If $X$, $Y$ are i.i.d. with mean $m$ then $E((X-Y)\mathrm{sign}(X-m))>0$

Question

It is obvious that if $X$ and $Y$ are independent and uniformly distributed on $[a,b]$ random variables, and $E[X]=E[Y]=m\equiv\frac{a+b}{2}$, then the random variable $Z=(X-Y)\mathrm{sign}(X-m)$ has the positive expectation, that is, $E[Z]>0$.

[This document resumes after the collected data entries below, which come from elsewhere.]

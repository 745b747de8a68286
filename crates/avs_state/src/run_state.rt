// `RunState`: the variables, functions, settings and graph of a run.
ghost use Rattle.std.specs.Prelude.{◌≡◌, ◌↔◌, IsTrue, false, ◌+◌, ◌^◌, Some, ◌∷◌, ◌++◌, ◌<◌, ◌≤◌, [], length, map, IfOk, Ok, Err, OnOk, OnErr, IsSome, is_some, option_map, ◌-◌, ◌*◌};
ghost use Rattle.std.specs.List.{All};
ghost use Rattle.fv_plane.specs.Info.{IsLawful};
ghost use Rattle.avs_tree.specs.Sizes.{AreShort, FunctionsAreShort};
ghost use Rattle.avs_tree.specs.View.{function_view};
ghost use Rattle.avs_values.specs.Values.{Text as Name};
ghost use Rattle.clip_term.specs.Terms.{act_of, IsSound, check};
ghost use Rattle.clip_term.specs.Filters.{IsMode};
ghost use Rattle.clip_check.specs.Summaries.{TellsAll};
ghost use Rattle.clip_graph.specs.Plan.{IsCounted, infos_among, sources_in};
ghost use Rattle.mt_modes.specs.Modes.{mode_in};
ghost use Rattle.avs_meaning.specs.Filters as f;
ghost use Rattle.avs_meaning.specs.Meaning as m;
ghost use Rattle.avs_meaning.specs.State as d;
ghost use Rattle.avs_state.specs.Answers.{Gives};
ghost use Rattle.avs_state.specs.Stops.{in_text, TakesNone, HidesNone};
ghost use Rattle.avs_state.specs.Sources.{source_of, sources_of, Lists};
ghost use Rattle.avs_state.specs.Walks.{Runs};
ghost use Rattle.avs_state.specs.States.{state_of, defined_view, AsksNothing};
ghost use Rattle.avs_state.specs.Steps.{Works, Pays, Counted, work};
ghost use Rattle.avs_state.specs.Units.{steps_a_unit};

use crate::variables::{set_in, value_in};
use crate::{ByName, Definition, Stop};
use avs_meaning::{Crew, EvalError, ScriptKind, SourceClip, Variable};
use avs_tree::Function;
use avs_values::Value;
use clip_check::{Summary, check_summary};
use clip_graph::{Graph, GraphFault};
use clip_term::{Filter, FilterFault, Op};
use fv_io::Text;
use fv_plane::Info;
use mt_modes::{ModeFault, ModeTable};
use std::alloc::{AllocError, Global};
use std::rc::Rc;

// How many units a run may pay.
const UNITS: u32 = 1_000_000;

/// The state of a run: variables, functions, the modes that were set, the workers that were asked for, the graph of the
/// clips, the sources that were opened, how many scripts were imported, the units that are left, and the steps that were
/// taken.
#[derive(Drop)]
pub struct RunState {
    env: ByName<Variable>,
    globals: ByName<Variable>,
    functions: ByName<Rc<Definition>>,
    modes: ModeTable,
    crew: Option<Crew>,
    plan: Graph,
    opened: Vec<SourceClip>,
    imports: u64,
    units: u32,
    steps: u64,
}

// Whether all these are places of the graph.
fn are_places(plan: &Graph, inputs: &[u32]) -> bool
    ensures { result ≡ f.are_places inputs.now plan.now }
{
    let count = plan.len();
    inputs.iter().all(|i| *i < count)
}

// What there is to tell of the infos of places.
fn summary_of(plan: &Graph, inputs: &[u32]) -> Summary
    requires { All (λ i. i < length plan.now) inputs.now }
    ensures { TellsAll result (infos_among plan.now inputs.now) }
{
    let mut summary = Summary::new(inputs.len());
    for i in inputs {
        summary = summary.with(plan.node(*i).info);
    }
    summary
}

// The info of a filter over places, or why it refuses them.
fn checked(plan: &Graph, op: &Op, inputs: &[u32]) -> Result<Info, FilterFault>
    requires { All (λ i. i < length plan.now) inputs.now }
    ensures { result ≡ check (act_of op.now) (infos_among plan.now inputs.now) }
{
    check_summary(op, &summary_of(plan, inputs))
}
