//! What holds of every run. The functions do nothing: their contracts are the laws.
ghost use Rattle.std.specs.Prelude.{◌≡◌, ◌≢◌, ◌↔◌, ◌<◌, ◌≤◌, ◌^◌, ◌∷◌, ◌++◌, ℕ, true, false, List, None, Option, Contains, length};
ghost use Rattle.std.specs.FinMap as fin;
ghost use Rattle.attr_list.specs.Lists.{Attributes};
ghost use Rattle.access_rules.specs.Deciding.{SiteRules, deciding, deed};
ghost use Rattle.access_rules.specs.declared.rule.Action.{Action};
ghost use Rattle.access_rules.specs.declared.rule.Action.TheVariants.{See};
ghost use Rattle.registry_core.specs.declared.entry.Entry.{Entry as AnyEntry};
ghost use Rattle.slp_messages.specs.declared.message.Message.{Message};
ghost use Rattle.directory_judge.specs.History.{Event, History, clock};
ghost use Rattle.directory_judge.specs.Meaning.{Live, Stands, rules};
ghost use Rattle.directory_judge.specs.Sites.{IsSite};
ghost use Rattle.directory_questions.specs.Answers.{is_change_of, IsAnswer, IsOpenTo};
ghost use Rattle.directory_questions.specs.Bytes.{AreBytes};
ghost use Rattle.directory_questions.specs.Calls.{Opening, Call, Standpoint};
ghost use Rattle.directory_questions.specs.Items.{AreAttributesOf, IsDescribed, IsOpenNow};
ghost use Rattle.directory_questions.specs.Sights.{seen_entry};
ghost use Rattle.directory_questions.specs.declared.query.AttrQuery.{AttrQuery};
ghost use Rattle.directory_questions.specs.Outcomes.{Outcome};
ghost use Rattle.directory_questions.specs.Verdicts.{IsLegal};
ghost use Rattle.history_log.specs.Pasts.{IsPast};
ghost use Rattle.directory_runs.specs.Allowing.{IsAllowed};
ghost use Rattle.directory_runs.specs.Hiding.{without_tag, IsKeptBack};
ghost use Rattle.directory_runs.specs.Owners.{action_of_act, changes, IsForOwners, IsWithoutOwners};
ghost use Rattle.directory_runs.specs.Promises.{IsKeptThroughout};
ghost use Rattle.directory_runs.specs.Changes.{IsChanged};
ghost use Rattle.directory_runs.specs.Runs.{Entry, Learn, May, Publish, Reply, Run, IsRun, World, happened, world};
ghost use Rattle.directory_runs.specs.Turns.{AreDone, AreTurns, Deed, IsRunOf, Turn, last_turn};
ghost use Rattle.slp_answer.specs.Answers.{Replies};
ghost use Rattle.slp_replies.specs.Tellings.{Tells};
ghost use Rattle.slp_replies.specs.declared.answer.Sent.{Sent};
ghost use Rattle.slp_headers.specs.Headers.{heading_of};

/// What users are promised, over every interleaving of changes, sweeps, reloads and questions. A loop answers at one
/// published state, which begins with all that the loop had seen and was told; a reply of code 0 without the flag holds
/// exactly the live entries that match and that scopes and rules open to its asker there. A change is published exactly
/// where template, scope and rules allow it. Every denial carries its code, and its line names its rule. What is answered
/// for want of memory is no part of it (`Look` and `Refusal` publish nothing); moments and addresses are those that calls
/// are made with.
pub fn what_users_are_promised()
    ensures { (o : Opening) (run : Run) → IsRun o run → IsKeptThroughout o run }
{}

/// What is published is a legal history.
pub fn what_is_published_is_legal()
    ensures { (o : Opening) (run : Run) → IsRun o run → IsLegal o (world run).published }
{}

/// What a loop has seen, what a note tells and where a reply was given are pasts of what is published.
pub fn all_is_of_one_history()
    ensures seen { (o : Opening) (run : Run) (i : ℕ) → IsRun o run → IsPast ((world run).seen i) (world run).published }
    ensures notes { (o : Opening) (run : Run) (n : History) → IsRun o run → Contains (world run).notes n
        → IsPast n (world run).published }
    ensures replies { (o : Opening) (run : Run) (r : Reply) → IsRun o run → Contains (world run).replies r
        → IsPast r.at (world run).published }
{}

/// What is published and what a loop has seen only get longer.
pub fn nothing_is_forgotten()
    ensures published { (o : Opening) (later run : Run) → IsRun o (later ++ run)
        → IsPast (world run).published (world (later ++ run)).published }
    ensures seen { (o : Opening) (later run : Run) (i : ℕ) → IsRun o (later ++ run)
        → IsPast ((world run).seen i) ((world (later ++ run)).seen i) }
{}

/// A reply is given at a history that goes on from those of the replies before it, of whatever loops.
pub fn replies_go_on()
    ensures { (o : Opening) (run : Run) (newer older : List Reply) (r s : Reply) → IsRun o run
        → (world run).replies ≡ newer ++ r ∷ older → Contains older s → IsPast s.at r.at }
{}

/// What a loop has seen and learnt, its later replies go on from. (`fresh` are the replies since.)
pub fn replies_know_what_their_loop_saw()
    ensures seen { (o : Opening) (later run : Run) → IsRun o (later ++ run) → (fresh : List Reply)
        × ((world (later ++ run)).replies ≡ fresh ++ (world run).replies)
        × ((r : Reply) → Contains fresh r → IsPast ((world run).seen r.loop) r.at) }
    ensures learnt { (o : Opening) (later run : Run) (i : ℕ) (n : History) → IsRun o (later ++ Learn i n ∷ run)
        → (fresh : List Reply) × ((world (later ++ Learn i n ∷ run)).replies ≡ fresh ++ (world run).replies)
        × ((r : Reply) → Contains fresh r → r.loop ≡ i → IsPast n r.at) }
{}

/// Two replies of a run, of whatever loops, to the same call are the same where the clocks of their histories are, and the
/// entries open to the asker.
pub fn replies_differ_by_what_is_open()
    ensures { (o : Opening) (run : Run) (r s : Reply) → IsRun o run → Contains (world run).replies r
        → Contains (world run).replies s → r.call ≡ s.call → clock r.at ≡ clock s.at
        → ((e : AnyEntry) → IsOpenTo o r.at r.call e ↔ IsOpenTo o s.at r.call e) → r.outcome ≡ s.outcome }
{}

/// A reply has at most as many bytes as its call leaves room for: a list of items is cut, and an advert, an acknowledgement
/// or a code alone is no longer than a datagram. So it is of each reply of a run, since what comes of bytes there is one of
/// these outcomes.
pub fn replies_fit()
    ensures { (o : Opening) (h : History) (c : Call) (r : Outcome) (change : Option Event)
        → IsSite o.site.scopes o.site.capacity → c.own < 2 ^ 32 → 1400 ≤ c.limit
        → IsAnswer o h c r change → length r.reply ≤ c.limit }
{}

/// Whatever stands in a legal history has a scope, so that a rule decides who may change and see it.
pub fn what_stands_has_a_scope()
    ensures { (o : Opening) (h : History) (e : AnyEntry) → IsLegal o h → Stands h e → 0 < length e.scopes }
{}

/// Where each rule about registering is about owners alone, what another registered is never replaced or updated; where each
/// rule about withdrawing is, it is never withdrawn, nor a tag of it.
pub fn what_another_registered_is_not_changed()
    ensures { (from : Standpoint) (sent : Message) (event : Event) (e : AnyEntry) → IsLegal from.opening from.history
        → IsAllowed from sent event → Live from.history from.moment e
        → changes event.act e ≡ true → IsForOwners from (action_of_act event.act) → from.asker ≡ e.owner }
{}

/// Where each rule about seeing is about owners alone, what another registered is never seen.
pub fn what_another_registered_is_not_seen()
    ensures { (from : Standpoint) (asked : List (List ℕ)) (e : AnyEntry) → IsForOwners from See → IsOpenNow from asked e
        → from.asker ≡ e.owner }
{}

/// A tag that a hide table hides from every address, of every type and in every scope, is in no entry that is seen and that
/// another registered, so it is in no reply about what others registered, and decides no filter of theirs: such an entry is
/// seen as it would be without the tag. The table may spare owners.
pub fn what_is_kept_from_others_is_not_seen()
    ensures seen { (from : Standpoint) (asked : List (List ℕ)) (e : AnyEntry) (tag : List ℕ)
        → IsKeptBack (rules from.opening.rules from.history) tag → IsOpenNow from asked e → from.asker ≢ e.owner
        → fin.get e.attrs tag ≡ None }
    ensures told { (from : Standpoint) (q : AttrQuery) (a : Attributes) (tag : List ℕ)
        → IsKeptBack (rules from.opening.rules from.history) tag
        → ((e : AnyEntry) → IsDescribed (IsOpenNow from q.scopes) q e → from.asker ≢ e.owner) → AreAttributesOf from q a
        → fin.get a tag ≡ None }
    ensures alike { (rs : SiteRules) (tag : List ℕ) → IsKeptBack rs tag → (asker : ℕ) (e : AnyEntry) → asker ≢ e.owner
        → (scopes : List (List ℕ))
        → seen_entry rs asker scopes (without_tag tag e) ≡ seen_entry rs asker scopes e }
{}

/// With rule files of version 1 it makes no difference who registered: whatever is asked of the rules, they decide the same.
pub fn the_first_version_asks_for_no_registrant()
    ensures { (o : Opening) (h : History) (asker : ℕ) (action : Action) (kind : List ℕ) (one other : ℕ) (scope : List ℕ)
        → IsWithoutOwners o h
        → deciding (rules o.rules h) (deed asker action kind one) scope
        ≡ deciding (rules o.rules h) (deed asker action kind other) scope }
{}

/// What a loop tells of bytes that ask for no change, at a history, may happen in every world that has this history
/// published.
pub fn what_is_replied_may_happen()
    ensures { (o : Opening) (w : World) (loop : ℕ) (h : History) (c : Call) (what : Sent) (reply line : List ℕ)
        → AreBytes c.bytes → is_change_of c.bytes ≡ false → w.published ≡ h
        → Replies o h c what reply line → (r : Outcome) × May o w (Entry loop c r)
        × Tells (rules o.rules h) c.asker (heading_of c.bytes) r what reply line }
{}

/// What a writer answers to bytes that ask for a change may happen there, too, and publishes the history that it leaves.
pub fn what_is_changed_may_happen()
    ensures { (o : Opening) (w : World) (h : History) (c : Call) (what : Sent) (reply line : List ℕ) (after : History)
        → AreBytes c.bytes → is_change_of c.bytes ≡ true → w.published ≡ h
        → IsChanged o h c.moment c.asker c.bytes what reply line after
        → (r : Outcome) × (change : Option Event) × May o w (Publish c r change)
        × ((happened w (Publish c r change)).published ≡ after)
        × Tells (rules o.rules h) c.asker (heading_of c.bytes) r what reply line }
{}

/// What loops told and what a writer did is one run, and keeps what users are promised: the calls of each loop in their
/// order, at histories that go on from one another, and the calls of the writer in theirs, each at the history that the one
/// before left. All that loops saw are pasts of what is published at the end.
pub fn what_was_told_is_a_run()
    ensures { (o : Opening) (deeds : List Deed) (h : History) (number : ℕ) (loops : ℕ → List Turn) → AreDone o deeds h
        → ((i : ℕ) → i < number → AreTurns o (loops i) × IsPast (last_turn (loops i)) h) → (run : Run)
        × IsRunOf o deeds number loops h run }
{}

/// At each legal history there is what is to be told of each call that leaves room for a datagram, so that a run can go on
/// with it.
pub fn something_is_told()
    ensures { (o : Opening) (h : History) (c : Call) → IsLegal o h → 1400 ≤ c.limit → (r : Outcome)
        × (change : Option Event) × IsAnswer o h c r change }
{}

Indeed, $$ E[Z]=\frac{1}{(b-a)^2}\int_{a}^{b}\int_{a}^{b}(x-y)\mathrm{sign}(x-m)dxdy= $$ $$ =\frac{1}{b-a}\int_{a}^{b}x\mathrm{sign}(x-m)dx-\frac{1}{(b-a)^2}\int_{a}^{b}\mathrm{sign}(x-m)dx\int_{a}^{b}ydy= $$ $$ =\frac{1}{b-a}\Big(\int_{m}^{b}xdx-\int_{a}^{m}xdx\Big)-\frac{m}{b-a}\int_{a}^{b}\mathrm{sign}(x-m)dx= $$ $$ =\frac{1}{b-a}\Big(\int_{m}^{b}xdx-\int_{a}^{m}xdx\Big)-\frac{m}{b-a}\Big(\int_{m}^{b}dx-\int_{a}^{m}dx\Big)=\frac{b-a}{4}>0. $$

Now, let $X$ and $Y$ be independent and identically distributed random variables with the probability density function $f(x)$, $E[X]=E[Y]=m$, and let $Z=(X-Y)\mathrm{sign}(X-m)$. Is it true that $E[Z]>0$?

My calculations: $$ E[Z]=\int_{-\infty}^{\infty}\int_{-\infty}^{\infty}(x-y)\mathrm{sign}(x-m)f(x)f(y)dxdy= $$ $$ =\int_{-\infty}^{\infty}\int_{-\infty}^{\infty}x\mathrm{sign}(x-m)f(x)f(y)dxdy-\int_{-\infty}^{\infty}\int_{-\infty}^{\infty}y\mathrm{sign}(x-m)f(x)f(y)dxdy= $$ $$ =\int_{-\infty}^{\infty}xf(x)\mathrm{sign}(x-m)dx-m\int_{-\infty}^{\infty}f(x)\mathrm{sign}(x-m)dx= $$ $$ =\int_{m}^{\infty}xf(x)dx-\int_{-\infty}^{m}xf(x)dx-m\Big(\int_{m}^{\infty}f(x)dx-\int_{-\infty}^{m}f(x)dx\Big). $$

And what will be if $X$ and $Y$ are not independent but identically distributed random variables with the joint probability density function $f(x,y)$, $E[X]=E[Y]=m$; $Z=(X-Y)\mathrm{sign}(X-m)$? Is it true that $E[Z]>0$ in this case too?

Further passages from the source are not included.